Today 63% of internet users claim to read internet news every day. Restate the Point As the Internet Grows Up, the News Industry Is Forever Changed. 2. Main Point #2 State Point 2 What is the future of Newspaper? Can it continue under these circumstances, or is it ruined to death? State a Reason The rate of Newspaper readers are dramatically decreasing. The decline comes as readers, especially young ones, turn increasingly to the Internet for news. Advertisers are rushing to the Internet. Newspapers have not yet started to shut down in large numbers, but it is only a matter of time.
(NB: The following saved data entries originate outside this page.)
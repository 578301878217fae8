//! What a call answers, by the numbers of `kesvuot.h`.

ghost use Rattle.macho_c.specs.Status.{Answers, AnswersSource};

use macho_rows::address::Source;
use macho_rows::span::{KesvuotSpan, NO_SPAN};

/// A file that is accepted, or a result that exists.
pub const OK: u32 = 0;
/// A file that breaks a rule, or bytes that no accepted file has.
pub const REFUSED: u32 = 1;
/// Memory ran out before the verdict.
pub const NO_MEMORY: u32 = 2;
/// No such rule, slice, command or address exists.
pub const NONE: u32 = 3;
/// A slice with an image that is not read: of 32 bits, or a big-endian one.
pub const UNREAD: u32 = 4;
/// An address at which there is a zero that is not a byte of the file.
pub const ZERO: u32 = 5;
/// No profile has the number that was passed.
pub const UNKNOWN_PROFILE: u32 = 6;

/// Writes what is found, or else that there is nothing. The status is `OK` or `NONE`.
pub fn answer<T: Copy>(found: Option<T>, nothing: T, written: &mut T) -> u32
    ensures { Answers nothing result written.new found }
{
    match found {
        Some(it) => {
            *written = it;
            OK
        }
        None => {
            *written = nothing;
            NONE
        }
    }
}

/// Writes which bytes are at an address. The status is `OK`, `ZERO` or `NONE`.
pub fn answer_source(found: Option<Source>, bytes: &mut KesvuotSpan) -> u32
    ensures { AnswersSource result bytes.new found }
{
    match found {
        Some(Source::Bytes(span)) => {
            *bytes = span;
            OK
        }
        Some(Source::Zero) => {
            *bytes = NO_SPAN;
            ZERO
        }
        None => {
            *bytes = NO_SPAN;
            NONE
        }
    }
}
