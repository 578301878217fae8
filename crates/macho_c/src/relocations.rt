//! The relocations of a section. (`mach-o/reloc.h`)

ghost use Rattle.std.specs.Prelude.{◌≡◌, ◌+◌, ◌≤◌, ◌^◌, ◌<◌, length, None};
ghost use Rattle.macho_fields.specs.Bytes.{bytes_of};
ghost use Rattle.macho_fields.specs.Layers.{NothingBreaks};
ghost use Rattle.macho_fields.specs.Rules.{BreaksImage};
ghost use Rattle.macho_rows.specs.Cursor.{start, IsBatch};
ghost use Rattle.macho_rows.specs.Image.{image_in};
ghost use Rattle.macho_c.specs.Relocations.{relocation_row, relocations_left, HasAllRelocations};

use macho_fields::Bytes;
use macho_fields::header::reloc::RELOCATION_INFO_SIZE;
use macho_rows::cursor::KesvuotCursor;
use macho_rows::image::KesvuotImage;
use macho_rows::table::{Table, fill};
use macho_symbols::reloc::Relocation;

/// A relocation. (`relocation_info`)
#[repr(C)]
#[derive(Clone, Copy)]
pub struct KesvuotRelocation {
    pub address: u32,
    /// 24 bits.
    pub symbolnum: u32,
    /// 1 bit.
    pub pcrel: u8,
    /// 2 bits: the exponent of a power of 2.
    pub length: u8,
    /// `r_extern`, 1 bit.
    pub external: u8,
    /// `r_type`, 4 bits.
    pub kind: u8,
    /// The highest bit of `address`, `R_SCATTERED`.
    pub scattered: u32,
}

/// Writes the relocations of a section, by its `reloff` and `nreloc`, from the cursor on to the rows of the
/// table, until either runs out, moves the cursor past them, and returns how many it wrote. Later rows are
/// unchanged. It does not scan the relocations before them.
#[unsafe(no_mangle)]
pub extern "C" fn kesvuot_read_relocations(
    file: &[u8],
    image: &KesvuotImage,
    reloff: u32,
    nreloc: u32,
    cursor: &mut KesvuotCursor,
    rows: &mut [KesvuotRelocation],
) -> usize
    ensures rows { IsBatch (relocations_left (image_in file.now image.now) reloff nreloc) cursor.old
        cursor.new result rows.old rows.new }
    ensures all { NothingBreaks (BreaksImage (image_in file.now image.now) None)
        → HasAllRelocations (image_in file.now image.now) reloff nreloc
        (relocations_left (image_in file.now image.now) reloff nreloc start) }
{
    let relocations = Relocations {
        image: image.held(file).bytes,
        reloff: u64::from(reloff),
        nreloc: u64::from(nreloc),
    };
    fill(&relocations, cursor, rows)
}

// The relocations of a section.
#[derive(Clone, Copy)]
struct Relocations<'a> {
    image: Bytes<'a>,
    reloff: u64,
    nreloc: u64,
}

impl<'a> Table for Relocations<'a> {
    ghost use Rattle.macho_fields.specs.Bytes.{bytes_of};
    ghost use Rattle.macho_c.specs.Relocations.{relocations_left};

    type Row = KesvuotRelocation;

    ghost left = { λ t. relocations_left (bytes_of t.image) t.reloff t.nreloc };

    fn next(&self, cursor: &mut KesvuotCursor) -> Option<KesvuotRelocation> {
        if !self
            .image
            .contains_table(self.reloff, self.nreloc, RELOCATION_INFO_SIZE)
        {
            return None;
        }
        if cursor.items >= self.nreloc {
            return None;
        }
        let place = self.reloff + RELOCATION_INFO_SIZE * cursor.items;
        cursor.items += 1;
        Some(row_of(self.image, place))
    }
}

// The row of the relocation at a place.
fn row_of(image: Bytes, place: u64) -> KesvuotRelocation
    requires { place + 8 ≤ length (bytes_of image) }
    ensures { result ≡ relocation_row (bytes_of image.entry) place }
{
    let relocation = Relocation::read(image, place);
    KesvuotRelocation {
        address: relocation.address,
        symbolnum: relocation.symbolnum,
        pcrel: u8::from(relocation.is_relative),
        length: relocation.length,
        external: u8::from(relocation.is_external),
        kind: relocation.kind,
        scattered: relocation.address >> 31,
    }
}
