//! The functions of an image. (`mach-o/loader.h`: `LC_FUNCTION_STARTS`)

ghost use Rattle.std.specs.Prelude.{◌≡◌};
ghost use Rattle.macho_fields.specs.Bytes.{bytes_of};
ghost use Rattle.macho_rows.specs.Cursor.{start, begun, IsBatch};
ghost use Rattle.macho_c.specs.FunctionStarts.{first_start, starts_left, HasAllStarts};
ghost use Rattle.macho_rows.specs.Image.{image_in, ShowsUnbroken};

use macho_fields::header::loader::LC_FUNCTION_STARTS;
use macho_fields::{Bytes, Span};
use macho_rows::cursor::{KesvuotCursor, START};
use macho_rows::image::{HAS_BASE, KesvuotImage};
use macho_rows::linkedit::named_data;
use macho_rows::parts::part_or_none;
use macho_rows::table::{Table, fill};
use macho_tables::function_starts::next_start;

/// Writes the addresses of functions from the cursor on to the rows of the table, until either runs out,
/// moves the cursor past them, and returns how many it wrote. Later rows are unchanged. They are from the
/// first `LC_FUNCTION_STARTS`: none if the image has no base. Only the first batch looks for the command.
#[unsafe(no_mangle)]
pub extern "C" fn kesvuot_read_function_starts(
    file: &[u8],
    image: &KesvuotImage,
    cursor: &mut KesvuotCursor,
    rows: &mut [u64],
) -> usize
    ensures rows { IsBatch (starts_left (image_in file.now image.now) image.now) cursor.old cursor.new
        result rows.old rows.new }
    ensures all { ShowsUnbroken file.now image.now
        → HasAllStarts (image_in file.now image.now)
        (starts_left (image_in file.now image.now) image.now start) }
{
    let starts = FunctionStarts {
        bytes: image.held(file).bytes,
        image,
    };
    fill(&starts, cursor, rows)
}

// The functions of an image, with its base by the numbers of its struct.
#[derive(Clone, Copy)]
struct FunctionStarts<'a> {
    bytes: Bytes<'a>,
    image: &'a KesvuotImage,
}

impl<'a> FunctionStarts<'a> {
    // Where the table is read on. The cursor has the place of the next number in the image, the size of the
    // data from there on, and the address that the number counts from.
    fn begun(&self, cursor: &KesvuotCursor) -> KesvuotCursor
        ensures { result ≡ begun (first_start (bytes_of self.now.bytes) self.now.image.now) cursor.now }
    {
        if cursor.place != 0 {
            return *cursor;
        }
        if self.image.has & HAS_BASE == 0 {
            return START;
        }
        let data = named_data(self.bytes, LC_FUNCTION_STARTS);
        KesvuotCursor {
            place: data.start,
            commands: 0,
            segment: self.image.base,
            items: data.len,
        }
    }
}

impl<'a> Table for FunctionStarts<'a> {
    ghost use Rattle.macho_fields.specs.Bytes.{bytes_of};
    ghost use Rattle.macho_c.specs.FunctionStarts.{starts_left};

    type Row = u64;

    ghost left = { λ t. starts_left (bytes_of t.bytes) t.image.now };

    fn next(&self, cursor: &mut KesvuotCursor) -> Option<u64> {
        let at = self.begun(cursor);
        let data = Span {
            start: at.place,
            len: at.items,
        };
        let data = part_or_none(self.bytes, data);
        let (start, size) = next_start(Bytes::new(data), at.segment)?;
        prove!(self.bytes.len() <= u64::MAX);
        cursor.place = at.place + size;
        cursor.items = at.items - size;
        cursor.segment = start;
        Some(start)
    }
}
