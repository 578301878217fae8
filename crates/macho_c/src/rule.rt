//! The rules and the profiles by number.

ghost use Rattle.std.specs.Prelude.{◌≡◌, ◌⊎◌, [], IfNone, IfSome};
ghost use Rattle.macho_fields.specs.RuleList.{profile_name, profile_numbered};
ghost use Rattle.macho_c.specs.RuleNumbers.{IsNumbered, IsNoNumber, IsProfileOf};
ghost use Rattle.macho_c.specs.Status.{KESVUOT_OK, KESVUOT_NONE};

use crate::names::before_last;
use crate::status::{NONE, OK};
use macho_fields::{Profile, Rule};

/// Writes the name of the rule with this number, borrowed from the library. A zero byte, which is not
/// counted, follows it in memory. The status is `OK`, or `NONE` where no rule has the number.
#[unsafe(no_mangle)]
pub extern "C" fn kesvuot_find_rule(rule: u32, name: &mut &'static [u8]) -> u32
    ensures { ((result ≡ KESVUOT_OK) × IsNumbered rule name.new.now)
        ⊎ ((result ≡ KESVUOT_NONE) × IsNoNumber rule × (name.new.now ≡ [])) }
{
    match Rule::with_number(rule) {
        Some(rule) => {
            *name = before_last(rule.name_with_zero().as_bytes());
            OK
        }
        None => {
            *name = &[];
            NONE
        }
    }
}

/// The number of the profile that the rule with this number belongs to, or 0 where no rule has the
/// number.
#[unsafe(no_mangle)]
pub extern "C" fn kesvuot_rule_profile(rule: u32) -> u32
    ensures { IsProfileOf rule result ⊎ (IsNoNumber rule × (result ≡ 0)) }
{
    match Rule::with_number(rule) {
        Some(rule) => rule.profile().number(),
        None => 0,
    }
}

/// Writes the name of the profile with this number, borrowed from the library. A zero byte, which is
/// not counted, follows it in memory. The status is `OK`, or `NONE` where no profile has the number.
#[unsafe(no_mangle)]
pub extern "C" fn kesvuot_find_profile(profile: u32, name: &mut &'static [u8]) -> u32
    ensures known { IfSome (profile_numbered profile) (λ found.
        (result ≡ KESVUOT_OK) × (name.new.now ≡ profile_name found)) }
    ensures unknown { IfNone (profile_numbered profile)
        ((result ≡ KESVUOT_NONE) × (name.new.now ≡ [])) }
{
    match Profile::with_number(profile) {
        Some(profile) => {
            *name = before_last(profile.name_with_zero().as_bytes());
            OK
        }
        None => {
            *name = &[];
            NONE
        }
    }
}
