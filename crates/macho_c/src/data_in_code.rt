//! The data in the code of an image. (`mach-o/loader.h`: `LC_DATA_IN_CODE`)

ghost use Rattle.std.specs.Prelude.{◌≡◌, ◌+◌, ◌≤◌, length};
ghost use Rattle.macho_fields.specs.Bytes.{bytes_of};
ghost use Rattle.macho_rows.specs.Cursor.{start, begun, IsBatch};
ghost use Rattle.macho_c.specs.DataInCode.{entry_row, first_entry, entries_left, HasAllEntries};
ghost use Rattle.macho_rows.specs.Image.{image_in, ShowsUnbroken};

use macho_fields::header::loader::{DATA_IN_CODE_ENTRY_SIZE, LC_DATA_IN_CODE};
use macho_rows::cursor::KesvuotCursor;
use macho_rows::image::KesvuotImage;
use macho_rows::linkedit::named_data;
use macho_rows::span::{Held, KesvuotSpan};
use macho_rows::table::{Table, fill};
use macho_tables::data_in_code::DataInCodeEntry;

/// Data in code. (`data_in_code_entry`)
#[repr(C)]
#[derive(Clone, Copy)]
pub struct KesvuotDataInCode {
    /// Where the data lies in the file: nowhere if it ends past the image.
    pub bytes: KesvuotSpan,
    /// Where it begins in the image.
    pub offset: u32,
    pub length: u16,
    pub kind: u16,
}

/// Writes the entries of the first `LC_DATA_IN_CODE` from the cursor on to the rows of the table, until either
/// runs out, moves the cursor past them, and returns how many it wrote. Later rows are unchanged. Only the
/// first batch looks for the command.
#[unsafe(no_mangle)]
pub extern "C" fn kesvuot_read_data_in_code(
    file: &[u8],
    image: &KesvuotImage,
    cursor: &mut KesvuotCursor,
    rows: &mut [KesvuotDataInCode],
) -> usize
    ensures rows { IsBatch (entries_left image.now.slice.offset (image_in file.now image.now)) cursor.old
        cursor.new result rows.old rows.new }
    ensures all { ShowsUnbroken file.now image.now
        → HasAllEntries image.now.slice.offset (image_in file.now image.now)
        (entries_left image.now.slice.offset (image_in file.now image.now) start) }
{
    let entries = DataInCode {
        image: image.held(file),
    };
    fill(&entries, cursor, rows)
}

// The data in the code of an image.
#[derive(Clone, Copy)]
struct DataInCode<'a> {
    image: Held<'a>,
}

impl<'a> DataInCode<'a> {
    // Where the table is read on. The cursor has the place of the next entry in the image, and how many
    // there are from there on.
    fn begun(&self, cursor: &KesvuotCursor) -> KesvuotCursor
        ensures { result ≡ begun (first_entry (bytes_of self.now.image.bytes)) cursor.now }
    {
        if cursor.place != 0 {
            return *cursor;
        }
        let data = named_data(self.image.bytes, LC_DATA_IN_CODE);
        KesvuotCursor {
            place: data.start,
            commands: 0,
            segment: 0,
            items: data.len / DATA_IN_CODE_ENTRY_SIZE,
        }
    }
}

impl<'a> Table for DataInCode<'a> {
    ghost use Rattle.macho_fields.specs.Bytes.{bytes_of};
    ghost use Rattle.macho_c.specs.DataInCode.{entries_left};

    type Row = KesvuotDataInCode;

    ghost left = { λ t. entries_left t.image.place (bytes_of t.image.bytes) };

    fn next(&self, cursor: &mut KesvuotCursor) -> Option<KesvuotDataInCode> {
        let at = self.begun(cursor);
        if at.items == 0 {
            return None;
        }
        if !self
            .image
            .bytes
            .contains_table(at.place, at.items, DATA_IN_CODE_ENTRY_SIZE)
        {
            return None;
        }
        cursor.place = at.place + DATA_IN_CODE_ENTRY_SIZE;
        cursor.items = at.items - 1;
        Some(row_of(&self.image, at.place))
    }
}

// The row of the entry at a place.
fn row_of(image: &Held, place: u64) -> KesvuotDataInCode
    requires { place + 8 ≤ length (bytes_of image.now.bytes) }
    ensures { result ≡ entry_row image.now.place (bytes_of image.now.bytes) place }
{
    let entry = DataInCodeEntry::read(image.bytes, place);
    KesvuotDataInCode {
        bytes: image.part(u64::from(entry.offset), u64::from(entry.length)),
        offset: entry.offset,
        length: entry.length,
        kind: entry.kind,
    }
}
According to the Newspaper Association of America, the number of people employed in the newspaper industry fell by 18% between 1990 and 2004. Philip Meyer calculates in his book “The Vanishing Newspaper” that within the year 2043 newspaper will be vanished from the world. Give an Example We have already been connected with the Fiber Optic Cable. The cost of Internet use is decreasing day by day. We can see new Cyber Cafe’s in the city. You can logon to Internet any time by using your Cell Phone. GrameenPhone is delivering their Internet service to the rural areas. Restate the Point

So, we are heading towards the Internet. The Newspaper companies of Bangladesh are also aware of this fact. They have realized that the only way of their survivable is through the internet. In fine, we can say “Internet is Internet; Newspaper is the substitute of Internet. ” C. CONCLUSION 1. Again state your destination > Restate outcome or thesis: Today we have discussed about the potential benefits of Internet News. We have stated this point clearly that the survival chance of Newspaper is very low in this digital era. New generation is highly dependent on Internet. The use of Internet is increasing day by day.

Online News sites are providing more facilities. Readers are passing more time before the Internet than Newspaper. We can hear the cry of Newspaper for survivable. 2. Restate main points: State Point 1 For its unlimited features Internet is causing the death of Newspaper. State Point 2 The growth of Internet has made the future of Newspaper difficult. The Only way of survivable is by conversion to Digital Ink Media. 3. Call-to-Action: We have given a new name of Online News: Digital Ink Media. Let’s start your day with this new world of Information. Digital Ink Media is ready to surprise you.

Decide to read the Online Version of a Newspaper. 4. Decision-Maker We are so glad to inform you that we have a list of Online News sites addresses for you. It will be handed out now. Keep this list and next time when you use internet please logon to any site. I believe you will not be disheartened. Use this free service at-least one time. It will be enough for you to discover Why Internet is causing the death of Newspaper. The world will go on to its own way. Things will be changed naturally. We have to loose something and also gain something. We will loose Newspaper in near future. We will gain a Digital World with Internet.